• **Work task**: What is needed is each line of the data below that holds the string "other".

• **Input data**:
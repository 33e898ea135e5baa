//! The names of a group: what it binds, and what it takes from other groups.
ghost use Rattle.std.specs.Prelude.{◌≡◌, not, ◌&&◌, ◌<◌, [], ◌∷◌, ◌++◌, length, map, IfOk, OnOk};
ghost use Rattle.std.specs.List.{AllByRecursion, list_any, filter_map};
ghost use Rattle.roc_program.specs.Names as naming;
ghost use Rattle.roc_program.specs.Parts as view;
ghost use Rattle.roc_merge_groups.specs.Groups.{groups_in};
ghost use Rattle.roc_merge_groups.specs.Grouping.{IsGrouping};
ghost use Rattle.roc_plan.specs.Groups.{bound_in, inputs_in};
ghost use Rattle.roc_plan.specs.Sized.{piece_at, IsSized};

use roc_base::NoMemory;
use roc_merge_accept::piece_uses;
use roc_merge_groups::Groups;
use roc_program::{Procedure, Statement};
use std::alloc::{AllocError, Global};

/// Of each group of a procedure the names that it binds.
pub fn bound_names(
    alloc: Global,
    procedure: &Procedure,
    groups: &Groups,
    proc: u16,
) -> Result<Vec<Vec<u16>>, NoMemory>
    requires grouping { IsGrouping (length (view.procedure procedure.now).pieces) (groups_in groups.now proc) }
    requires sized { IsSized (view.procedure procedure.now) }
    ensures { IfOk result (λ rows. map (λ row. row.items) rows.items ≡ map (bound_in (view.procedure procedure.now)) (groups_in groups.now proc)) }
{
    let mut rows = Vec::new(alloc);
    for group in 0..groups.group_count(proc) {
        let names = names_bound(alloc, procedure, groups.pieces(proc, group as u16))?;
        rows.push(names)?;
    }
    Ok(rows)
}

// The names that these pieces bind.
fn names_bound(alloc: Global, procedure: &Procedure, pieces: &[u16]) -> Result<Vec<u16>, NoMemory>
    requires { AllByRecursion (λ k. k < length (view.procedure procedure.now).pieces) pieces.now }
    ensures { IfOk result (λ names. names.items ≡ bound_in (view.procedure procedure.now) pieces.now) }
{
    let mut names = Vec::new(alloc);
    for piece in pieces {
        push_bound(&procedure.pieces[usize::from(*piece)].body, &mut names)?;
    }
    Ok(names)
}

// Adds the names that statements bind.
fn push_bound(body: &[Statement], names: &mut Vec<u16>) -> Result<(), AllocError>
    ensures { OnOk result (names.new.items ≡ names.old.items ++ filter_map naming.binding (map view.statement body.now)) }
{
    for statement in body {
        push_name(statement, names)?;
    }
    Ok(())
}

fn push_name(statement: &Statement, names: &mut Vec<u16>) -> Result<(), AllocError>
    ensures { OnOk result (names.new.items ≡ names.old.items ++ filter_map naming.binding (view.statement statement.now ∷ [])) }
{
    let Statement::Get(number, _) = statement else {
        return Ok(());
    };
    names.push(*number)?;
    Ok(())
}

/// The names of other groups' pieces that these pieces use, in the order in which they are bound. `own` are those that they bind.
pub fn input_names(
    alloc: Global,
    procedure: &Procedure,
    pieces: &[u16],
    own: &[u16],
) -> Result<Vec<u16>, NoMemory>
    requires sized { IsSized (view.procedure procedure.now) }
    requires pieces { AllByRecursion (λ k. k < length (view.procedure procedure.now).pieces) pieces.now }
    requires own { own.now ≡ bound_in (view.procedure procedure.now) pieces.now }
    ensures { IfOk result (λ names. names.items ≡ inputs_in (view.procedure procedure.now) pieces.now) }
{
    let mut names = Vec::new(alloc);
    for name in procedure.arguments..procedure.names {
        if is_taken(procedure, pieces, own, name) {
            names.push(name)?;
        }
    }
    Ok(names)
}

// Whether the pieces use a name that they do not bind.
fn is_taken(procedure: &Procedure, pieces: &[u16], own: &[u16], name: u16) -> bool
    requires { AllByRecursion (λ k. k < length (view.procedure procedure.now).pieces) pieces.now }
    ensures { result ≡ (list_any (λ k. naming.piece_uses (piece_at (view.procedure procedure.now) k) name) pieces.now && not (naming.has_name own.now name)) }
{
    are_using(procedure, pieces, name) && !own.contains(&name)
}

fn are_using(procedure: &Procedure, pieces: &[u16], name: u16) -> bool
    requires { AllByRecursion (λ k. k < length (view.procedure procedure.now).pieces) pieces.now }
    ensures { result ≡ list_any (λ k. naming.piece_uses (piece_at (view.procedure procedure.now) k) name) pieces.now }
{
    for piece in pieces {
        if piece_uses(&procedure.pieces[usize::from(*piece)], name) {
            return true;
        }
    }
    false
}
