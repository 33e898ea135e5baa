//! Which procedure a submission calls.

ghost use Rattle.std.specs.Prelude.{◌≡◌, ◌<◌, length, position, IfSome};
ghost use Rattle.std.specs.Str.{bytes_eq};
ghost use Rattle.std.specs.String.{string_bytes};
ghost use Rattle.roc_program.specs.LookUps.{procedure_named, is_view_in};
ghost use Rattle.roc_log.specs.Reading.{arguments_of, call_of};

use crate::fault::What;
use crate::line::LogLine;
use roc_base::Nums;
use roc_program::{Procedure, Workload};

fn place_named(procedures: &[Procedure], name: &[u8]) -> Option<usize>
    ensures { result ≡ position (λ procedure. bytes_eq (string_bytes procedure.name) name.now) procedures.now }
{
    procedures.iter().position(|p| p.name.as_bytes() == name)
}

/// The number of the first procedure of a name.
fn procedure_named(workload: &Workload, name: &[u8]) -> Option<u16>
    ensures place { result ≡ procedure_named workload.now name.now }
    ensures there { IfSome result (λ proc. proc < length workload.now.procedures) }
{
    match place_named(workload.procedures(), name) {
        Some(number) => Some(number as u16),
        None => None,
    }
}

fn arguments_of(workload: &Workload, proc: u16) -> u16
    requires { proc < length workload.now.procedures }
    ensures { result ≡ arguments_of workload.now proc }
{
    workload.procedures()[proc as usize].arguments
}

fn is_view(workload: &Workload, proc: u16) -> bool
    requires { proc < length workload.now.procedures }
    ensures { result ≡ is_view_in workload.now proc }
{
    workload.procedures()[proc as usize].is_view
}

/// The submission of the procedure of a name.
pub(crate) fn call_of(workload: &Workload, name: &[u8], args: Nums) -> Result<LogLine, What>
    ensures { result ≡ call_of workload.now (procedure_named workload.now name.now) args }
{
    let Some(proc) = procedure_named(workload, name) else {
        return Err(What::Procedure);
    };
    if args.len() != arguments_of(workload, proc) as usize {
        return Err(What::Arguments);
    }
    if is_view(workload, proc) {
        return Err(What::View);
    }
    Ok(LogLine::Submit { proc, args })
}
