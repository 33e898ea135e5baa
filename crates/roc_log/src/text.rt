//! The text of a log, line by line. Each call adds exactly one line, or those of several messages, or leaves what is there as it was.
ghost use Rattle.std.specs.Prelude.{◌≡◌, [], ◌∷◌, ◌++◌, OnOk, OnErr};
ghost use Rattle.std.specs.List.{flat_map};
ghost use Rattle.std.specs.Fmt.{signed_decimal};
ghost use Rattle.std.specs.String.{string_bytes};
ghost use Rattle.hex.specs.Hex.{encode_lower};
ghost use Rattle.roc_program.specs.LookUps.{procedure_name};
ghost use Rattle.roc_program.specs.Program.{Workload as Program};
ghost use Rattle.roc_wire.specs.Fits.{FitsHeader};
ghost use Rattle.roc_log.specs.declared.line.LogLine.TheVariants.{Submit, In, Tick, Answer};
ghost use Rattle.roc_log.specs.LogLine.{log_line_text, node_line_text, lines_text};
ghost use Rattle.roc_log.specs.Sent.{outs_logged};
ghost use Rattle.roc_log.specs.Inner.Writing.{out_text};

use crate::spellable::has_spelling;
use roc_base::{NoMemory, Node, Nums, TxnId};
use roc_msg::Outgoing;
use roc_program::Workload;
use roc_wire::{Header, encode};
use std::alloc::{AllocError, Global};

/// Adds the first line of the log of a node. `NoMemory` leaves the text as it was.
pub fn append_node(alloc: Global, into: &mut Vec<u8>, node: Node) -> Result<(), NoMemory>
    ensures ok { OnOk result (into.new.items ≡ into.old.items ++ node_line_text node) }
    ensures err { OnErr result (into.new.items ≡ into.old.items) }
{
    let mut text = String::new(alloc);
    write!(&mut text, "node {node}")?;
    put(into, &mut text)
}

/// Adds the line of a submission that was taken. `NoMemory` leaves the text as it was.
#[tactic(auto, using(crate::proofs::Appended::numbers_are_words))]
pub fn append_submit(
    alloc: Global,
    into: &mut Vec<u8>,
    workload: &Workload,
    proc: u16,
    args: &Nums,
) -> Result<(), NoMemory>
    ensures ok { OnOk result (into.new.items ≡ into.old.items ++ log_line_text workload.now (Submit proc args.now)) }
    ensures err { OnErr result (into.new.items ≡ into.old.items) }
{
    let mut text = String::new(alloc);
    text.push_str("submit ")?;
    text.push_str(procedure_name(workload, proc))?;
    push_numbers(&mut text, args.as_slice())?;
    put(into, &mut text)
}

/// Adds the line of a datagram that was taken. `NoMemory` leaves the text as it was.
pub fn append_in(alloc: Global, into: &mut Vec<u8>, bytes: &[u8]) -> Result<(), NoMemory>
    ensures ok { (program : Program) → OnOk result (into.new.items ≡ into.old.items ++ log_line_text program (In bytes.now)) }
    ensures err { OnErr result (into.new.items ≡ into.old.items) }
{
    let mut text = String::new(alloc);
    push_datagram(alloc, &mut text, "in ", bytes)?;
    put(into, &mut text)
}

/// Adds the line of a tick. `NoMemory` leaves the text as it was.
pub fn append_tick(into: &mut Vec<u8>) -> Result<(), NoMemory>
    ensures ok { (program : Program) → OnOk result (into.new.items ≡ into.old.items ++ log_line_text program Tick) }
    ensures err { OnErr result (into.new.items ≡ into.old.items) }
{
    into.extend_from_slice(b"tick\n")?;
    Ok(())
}

/// Adds a line for each of these messages of this sender that has a spelling, in order, also for one that goes nowhere.
/// `NoMemory` leaves the text as it was.
pub fn append_outs(
    alloc: Global,
    into: &mut Vec<u8>,
    header: &Header,
    outs: &[Outgoing],
) -> Result<(), NoMemory>
    requires { FitsHeader header.now }
    ensures ok { (program : Program) → OnOk result (into.new.items ≡ into.old.items ++ lines_text program (outs_logged header.now outs.now)) }
    ensures err { OnErr result (into.new.items ≡ into.old.items) }
{
    let mut lines = String::new(alloc);
    for out in outs {
        push_out(alloc, &mut lines, header, out)?;
    }
    into.extend_from_slice(lines.as_bytes())?;
    Ok(())
}

/// Adds the line of a reply. `NoMemory` leaves the text as it was.
#[tactic(auto, using(crate::proofs::Appended::numbers_are_words))]
pub fn append_answer(
    alloc: Global,
    into: &mut Vec<u8>,
    id: TxnId,
    reply: &Nums,
) -> Result<(), NoMemory>
    ensures ok { (program : Program) → OnOk result (into.new.items ≡ into.old.items ++ log_line_text program (Answer id reply.now)) }
    ensures err { OnErr result (into.new.items ≡ into.old.items) }
{
    let mut text = String::new(alloc);
    write!(&mut text, "answer {id}")?;
    push_numbers(&mut text, reply.as_slice())?;
    put(into, &mut text)
}

// Ends a line, and adds it.
fn put(into: &mut Vec<u8>, text: &mut String) -> Result<(), NoMemory>
    ensures ok { OnOk result (into.new.items ≡ into.old.items ++ (string_bytes text.old ++ 10 ∷ [])) }
    ensures err { OnErr result (into.new.items ≡ into.old.items) }
{
    text.push('\n')?;
    into.extend_from_slice(text.as_bytes())?;
    Ok(())
}

// Adds numbers, a space before each.
fn push_numbers(text: &mut String, numbers: &[i64]) -> Result<(), AllocError>
    ensures { OnOk result (string_bytes text.new ≡ string_bytes text.old ++ flat_map (λ n. 32 ∷ signed_decimal n) numbers.now) }
{
    for number in numbers {
        write!(text, " {number}")?;
    }
    Ok(())
}

// Adds a word with a space behind it, and the digits of bytes.
fn push_datagram(
    alloc: Global,
    text: &mut String,
    word: &str,
    bytes: &[u8],
) -> Result<(), AllocError>
    ensures { OnOk result (string_bytes text.new ≡ string_bytes text.old ++ (word.now ++ encode_lower bytes.now)) }
{
    let digits = hex::encode(alloc, bytes)?;
    text.push_str(word)?;
    text.push_str(&digits)
}

// Adds the line of a message, if it has a spelling.
fn push_out(
    alloc: Global,
    lines: &mut String,
    header: &Header,
    out: &Outgoing,
) -> Result<(), NoMemory>
    requires { FitsHeader header.now }
    ensures { OnOk result (string_bytes lines.new ≡ string_bytes lines.old ++ out_text header.now out.now) }
{
    if has_spelling(&out.msg) {
        let bytes = encode(alloc, header, &out.msg)?;
        push_datagram(alloc, lines, "out ", &bytes)?;
        lines.push('\n')?;
    }
    Ok(())
}

// The name of a procedure, if it exists.
fn procedure_name(workload: &Workload, proc: u16) -> &str
    ensures { result.now ≡ procedure_name workload.now proc }
{
    if usize::from(proc) < workload.procedures().len() {
        workload.procedure_name(proc)
    } else {
        ""
    }
}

• **Finished task**:
//! The names of a group: what it binds, and what it takes from other groups.
/// The names of other groups' pieces that these pieces use, in the order in which they are bound. `own` are those that they bind.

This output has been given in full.